§ **Exercise instructions**: What you need to do is retype every entry exactly as written.

[Available data Boundary: Start]

//! A module's code as bytes and its verdict: whole, or piece by piece.
//!
//! # How data flows
//!
//! `Code` is bytes that are code: 1 to 4,194,304 whole words. `judge_code` takes bytes to a `Verdict`: lawful, the first
//! fault, or no code. A `Beginning` judges code in pieces of whole words, and a `CutBeginning` in pieces that are cut within
//! words; what they hold between two pieces is a few numbers, which a C host keeps.
//!
//! # What it may not know
//!
//! Its callers; files, streams, C.
//!
//! # Decisions
//!
//! - **All ways have one definition** (`Checks`): the program's `check`, the C library's calls and the pieces of a stream
//!   cite it.
//! - **A piece is judged where it lies**, and no code is kept.
#![tactic(auto)]

mod beginning;
mod code;
mod cut;
mod verdict;

pub use beginning::Beginning;
pub use code::Code;
pub use cut::{CutBeginning, CutWord};
pub use verdict::{Verdict, judge_code};
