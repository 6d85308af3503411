//! What stands in the place of single accesses.

ghost use Rattle.std.specs.Prelude.{◌≡◌, ◌<◌, ◌≤◌, ◌+◌, IfOk, IsTrue, true, false, ◌==◌, ◌&&◌, not, ◌++◌, ◌∷◌, [], ◌^◌};
ghost use Rattle.lfi_module.specs.declared.profile.Profile.{Profile};
ghost use Rattle.lfi_module.specs.declared.profile.Profile.TheVariants.{Two};
ghost use Rattle.a64_word.specs.Encoding.{IsAccess, IsLegal, fields};
ghost use Rattle.a64_word.specs.Fields.{AllFit};
ghost use Rattle.a64_word.specs.declared.instruction.Instruction.{Instruction};
ghost use Rattle.lfi_mends.specs.Mends.{KeepsRules, mended};
ghost use Rattle.lfi_mends.specs.Outcomes.{DoesTheSame, DoesTheSameBounded, moves_itself, moves_bounded, moves_plainly, probe};
ghost use Rattle.lfi_mends.specs.Obstacles.{refusal, of_access, of_single, is_double};
ghost use Rattle.lfi_mends.specs.Registers as spec;
ghost use Rattle.lfi_mends.specs.inner.Rows as rows;
ghost use Rattle.std.specs.Prelude.{None, is_some};
ghost use Rattle.a64_word.specs.Operands.{IsSigned, size_code};
ghost use Rattle.a64_word.specs.Profiles.{is_of};

use crate::builders::{
    access, address_guard, changed, copied, copied_to_offset, guard, is_reserved, link_access,
    link_ordered, may_move, ordered, stack_moved, sum_with_immediate, sum_with_index,
};
use crate::mend::Mend;
use crate::pairs::paired;
use crate::reason::Reason;
use a64_word::{
    IndexMode, Instruction, Ordered, Register, RegisterOffset, SignedOffset, Size, Transfer,
    UnsignedOffset,
};
use lfi_module::Profile;
use lfi_rules::registers::{BASE, LINK, OFFSET, STACK};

[Available data Boundary: End]

§ **Task result**:
//! A module's code as bytes and its verdict: whole, or piece by piece.
//!
//! # How data flows
//!
//! `Code` is bytes that are code: 1 to 4,194,304 whole words. `judge_code` takes bytes to a `Verdict`: lawful, the first
//! fault, or no code. A `Beginning` judges code in pieces of whole words, and a `CutBeginning` in pieces that are cut within
//! words; what they hold between two pieces is a few numbers, which a C host keeps.
//!
//! # What it may not know
//!
//! Its callers; files, streams, C.
//!
//! # Decisions
//!
//! - **All ways have one definition** (`Checks`): the program's `check`, the C library's calls and the pieces of a stream
//!   cite it.
//! - **A piece is judged where it lies**, and no code is kept.
#![tactic(auto)]

mod beginning;
mod code;
mod cut;
mod verdict;

pub use beginning::Beginning;
pub use code::Code;
pub use cut::{CutBeginning, CutWord};
pub use verdict::{Verdict, judge_code};
repository 6d85308af3503411
//! What stands in the place of single accesses.

ghost use Rattle.std.specs.Prelude.{◌≡◌, ◌<◌, ◌≤◌, ◌+◌, IfOk, IsTrue, true, false, ◌==◌, ◌&&◌, not, ◌++◌, ◌∷◌, [], ◌^◌};
ghost use Rattle.lfi_module.specs.declared.profile.Profile.{Profile};
ghost use Rattle.lfi_module.specs.declared.profile.Profile.TheVariants.{Two};
ghost use Rattle.a64_word.specs.Encoding.{IsAccess, IsLegal, fields};
ghost use Rattle.a64_word.specs.Fields.{AllFit};
ghost use Rattle.a64_word.specs.declared.instruction.Instruction.{Instruction};
ghost use Rattle.lfi_mends.specs.Mends.{KeepsRules, mended};
ghost use Rattle.lfi_mends.specs.Outcomes.{DoesTheSame, DoesTheSameBounded, moves_itself, moves_bounded, moves_plainly, probe};
ghost use Rattle.lfi_mends.specs.Obstacles.{refusal, of_access, of_single, is_double};
ghost use Rattle.lfi_mends.specs.Registers as spec;
ghost use Rattle.lfi_mends.specs.inner.Rows as rows;
ghost use Rattle.std.specs.Prelude.{None, is_some};
ghost use Rattle.a64_word.specs.Operands.{IsSigned, size_code};
ghost use Rattle.a64_word.specs.Profiles.{is_of};

use crate::builders::{
    access, address_guard, changed, copied, copied_to_offset, guard, is_reserved, link_access,
    link_ordered, may_move, ordered, stack_moved, sum_with_immediate, sum_with_index,
};
use crate::mend::Mend;
use crate::pairs::paired;
use crate::reason::Reason;
use a64_word::{
    IndexMode, Instruction, Ordered, Register, RegisterOffset, SignedOffset, Size, Transfer,
    UnsignedOffset,
};
use lfi_module::Profile;
use lfi_rules::registers::{BASE, LINK, OFFSET, STACK};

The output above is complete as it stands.